The Gold Coast Bulletin

Golf club rescue mission

- QUENTIN TOD

SANCTUARY Cove owner Mulpha Australia is poised to buy back the resort’s The Palms golf course in a move intended to rescue the future of the elite Sanctuary Cove Golf and Country Club.

The move comes on the heels of members who pay more than $6500 a year in fees being told that by 2024 their club will be in financial distress.

The warning has come in a report from accountanc­y major KPMG, which a year ago was called in to examine the club’s membership model.

It has found the model is not sustainabl­e and the club will be running in the red by 2023.

The club’s favoured plan to address KPMG’s “financial distress” forecast is to sell $11.5 million worth of assets, including The Palms course, the nearby hilltop Country Club, and 50 per cent of the maintenanc­e sheds.

Mulpha Australia CEO Greg Shaw yesterday said that agreement in principal had been reached to buy the assets.

He said the club’s board had instigated talks with Mulpha more than a year ago over “significan­t challenges regarding the future”.

The Mulpha purchases are something of a buying back of part of the farm – it sold the assets, along with The Pines course, to golf members in 2007.

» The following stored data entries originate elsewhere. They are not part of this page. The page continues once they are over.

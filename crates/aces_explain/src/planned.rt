//! `explain` with a board and a policy: why a firmware has no plan.

ghost use Rattle.std.specs.Prelude.{◌≡◌, ◌≤◌, Ok, length, IfOk, IfErr};
ghost use Rattle.ir_model.specs.Plain.{firmware_of};
ghost use Rattle.plan_model.specs.Boards.{IsBoard};
ghost use Rattle.plan_board.specs.Reading as boards;
ghost use Rattle.plan_firmwares.specs.Analysed.{IsAnalysisOf, IsRefusalOf};
ghost use Rattle.aces_words.specs.Requests.{ExplainPlan as ToExplain, firmware_limit};
ghost use Rattle.aces_reports.specs.declared.failure.Failure.TheVariants.{NoMemory as WantOfMemory};
ghost use Rattle.aces_reports.specs.Ends.{status_of};
ghost use Rattle.aces_reports.specs.Faults as faults;
ghost use Rattle.aces_reports.specs.declared.failure.Fault.TheVariants.{Board as OfBoard};
ghost use Rattle.base_outside.specs.Sinks.{sink};
ghost use Rattle.aces_files.specs.CarriesOut.{CarriesOut};
ghost use Rattle.aces_files.specs.Tellings.{told_outcome};
ghost use Rattle.aces_firmwares.specs.Firmwares.{IsFirmware};
ghost use Rattle.aces_explain.specs.Plans.{refusal_status, IsPlanTold, ExplainPlanAnswer, AnswerToExplainPlan};

use crate::board_telling::board_told;
use crate::plan_telling::refusal_told;
use crate::telling::{Explained, examine, line_of_counts};
use aces_files::loading::load_firmware_and;
use aces_files::telling::{CommandOutput, print};
use aces_reports::{Done, Failure};
use base_outside::{Files, Sink};
use ir_model::checked::Checked;
use plan::PlanningRefusal;
use plan_board::board::read_board;
use plan_board::fault::BoardFault;
use plan_firmwares::{Analysis, analyse, planned_by};
use plan_model::Policy;
use plan_model::plan::Board;
use std::alloc::{AllocError, Global};

/// How the command ends behind the lines of a refusal.
fn done_by(refusal: PlanningRefusal) -> Result<Done, AllocError>
    ensures { IfOk result (λ d. status_of (Ok d) ≡ refusal_status refusal) }
{
    match refusal {
        PlanningRefusal::NoMemory => Err(AllocError),
        PlanningRefusal::Limit { .. } => Ok(Done::FaultTold),
        PlanningRefusal::Denied(_) | PlanningRefusal::Room(_) => Ok(Done::NoRoomTold),
    }
}

/// The lines on why a firmware has no plan for a board.
fn refusal_output(
    alloc: Global,
    firmware: &Checked,
    analysis: Analysis<'_>,
    policy: Policy,
    board: &Board,
    refusal: PlanningRefusal,
) -> Result<CommandOutput, AllocError>
    requires analysis { IsAnalysisOf policy (firmware_of firmware.now) board.now.closed analysis }
    requires board { IsBoard board.now }
    requires refused { IsRefusalOf analysis board.now refusal }
    ensures { IfOk result (λ t. IsPlanTold policy (firmware_of firmware.now) board.now (status_of (Ok t.done)) t.lines.items) }
{
    let done = done_by(refusal)?;
    let (program, needs, groups) = analysis.into_parts();
    let lines = refusal_told(
        alloc,
        firmware.firmware(),
        &program,
        &needs,
        groups,
        board,
        refusal,
    )?;
    Ok(CommandOutput { lines, done })
}

/// The lines on a firmware and a board: why there is no plan by a policy, or the counts of the firmware.
fn on_board(
    alloc: Global,
    firmware: &Checked,
    policy: Policy,
    board: &Board,
) -> Result<CommandOutput, AllocError>
    requires { IsBoard board.now }
    ensures { IfOk result (λ t. IsPlanTold policy (firmware_of firmware.now) board.now (status_of (Ok t.done)) t.lines.items) }
{
    firmware.firmware();
    let analysis = analyse(alloc, firmware, policy, board.closed)?;
    match planned_by(alloc, &analysis, board) {
        Ok(_) => Ok(CommandOutput {
            lines: line_of_counts(alloc, firmware)?,
            done: Done::Completed,
        }),
        Err(refusal) => refusal_output(alloc, firmware, analysis, policy, board, refusal),
    }
}

/// Whether a fault of a board is want of memory.
fn is_want_of_memory(fault: &BoardFault) -> bool
    ensures { result ≡ faults.is_want_of_memory (OfBoard fault.now) }
{
    matches!(fault, BoardFault::NoMemory)
}

/// The lines on a text that is no board's.
fn no_board(
    alloc: Global,
    firmware: &str,
    checked: &Checked,
    bytes: &[u8],
    board: &str,
    text: &[u8],
    policy: Policy,
    fault: &BoardFault,
) -> Result<CommandOutput, AllocError>
    requires firmware { IsFirmware (firmware_of checked.now) bytes.now }
    requires fault { boards.IsFault text.now fault.now }
    ensures { IfOk result (λ t. ExplainPlanAnswer firmware.now board.now policy bytes.now text.now (told_outcome t)) }
{
    if is_want_of_memory(fault) {
        return Err(AllocError);
    }
    Ok(CommandOutput {
        lines: board_told(alloc, board.as_bytes(), text, fault)?,
        done: Done::FaultTold,
    })
}

/// The lines on a firmware without a fault and the bytes of a board's file.
fn on_text(
    alloc: Global,
    firmware: &str,
    checked: &Checked,
    bytes: &[u8],
    board: &str,
    text: &[u8],
    policy: Policy,
) -> Result<CommandOutput, AllocError>
    requires { IsFirmware (firmware_of checked.now) bytes.now }
    ensures { IfOk result (λ t. ExplainPlanAnswer firmware.now board.now policy bytes.now text.now (told_outcome t)) }
{
    match read_board(alloc, text) {
        Ok(read) => {
            let told = on_board(alloc, checked, policy, &read)?;
            Ok(told)
        }
        Err(fault) => no_board(alloc, firmware, checked, bytes, board, text, policy, &fault),
    }
}

/// The lines by the bytes of both files, each behind its name.
fn on_both(
    alloc: Global,
    firmware: &str,
    bytes: &[u8],
    board: &str,
    text: &[u8],
    policy: Policy,
) -> Result<CommandOutput, AllocError>
    requires { length bytes.now ≤ firmware_limit }
    ensures { IfOk result (λ t. ExplainPlanAnswer firmware.now board.now policy bytes.now text.now (told_outcome t)) }
{
    match examine(alloc, firmware, bytes)? {
        Explained::Faulty(lines) => Ok(CommandOutput {
            lines,
            done: Done::FaultTold,
        }),
        Explained::Fine(checked) => on_text(alloc, firmware, &checked, bytes, board, text, policy),
    }
}

/// The same lines, with want of memory as a failure.
fn lines_on<'a>(
    alloc: Global,
    firmware: &'a str,
    bytes: &[u8],
    board: &'a str,
    text: &[u8],
    policy: Policy,
) -> Result<CommandOutput, Failure<'a>>
    requires { length bytes.now ≤ firmware_limit }
    ensures ok { IfOk result (λ t. ExplainPlanAnswer firmware.now board.now policy bytes.now text.now (told_outcome t)) }
    ensures err { IfErr result (λ e. e ≡ WantOfMemory) }
{
    let told = on_both(alloc, firmware, bytes, board, text, policy)?;
    Ok(told)
}

/// Reads a firmware and a board, and prints the first fault of either, or why the firmware has no plan for the board by a policy, or the line of
/// counts.
pub fn explain_plan<'a, F: Files, O: Sink>(
    alloc: Global,
    firmware: &'a str,
    board: &'a str,
    policy: Policy,
    files: &mut F,
    out: &mut O,
) -> Result<Done, Failure<'a>>
    ensures { CarriesOut (AnswerToExplainPlan firmware.now board.now policy) F.Files files.old files.new (ToExplain firmware.now board.now policy) (sink O.Sink out.old) (sink O.Sink out.new) result }
{
    let both = load_firmware_and(alloc, files, firmware, board)?;
    let told = lines_on(
        alloc,
        firmware,
        both.first.as_slice(),
        board,
        both.second.as_slice(),
        policy,
    )?;
    print(told.lines.as_slice(), told.done, out)
}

The move, which is subject to due diligence and a December 7 member vote, could come with immediate upside for members.

A single member could see a drop of more than $1000 in fees and charges.

A $5.3 million capital spending plan would include new greens on The Pines course.

Club president Mick McDonald said yesterday that The Pines would return to being “one of the best private and exclusive golf facilities in the country”.

Nearly 1100 members hold shares in the golf club, with Mulpha owning an additional 580, which it is intended will be cancelled.

The KPMG report suggests the number of shares on issue might drop to 800 and that those shares each would have asset backing of $25,836.

Membership numbers have been dropping and are forecast to fall further in the wake of an August Queensland Civil and Administra­tive Tribunal ruling that effectivel­y said members could resign even if they could not sell their shares in the company that held the club’s assets.

Members, some of whom paid more than $40,000 for their shares, have been paying people thousands of dollars to take them off their hands.

Under the plan for the club’s future, they would be able to exit their shares for $1.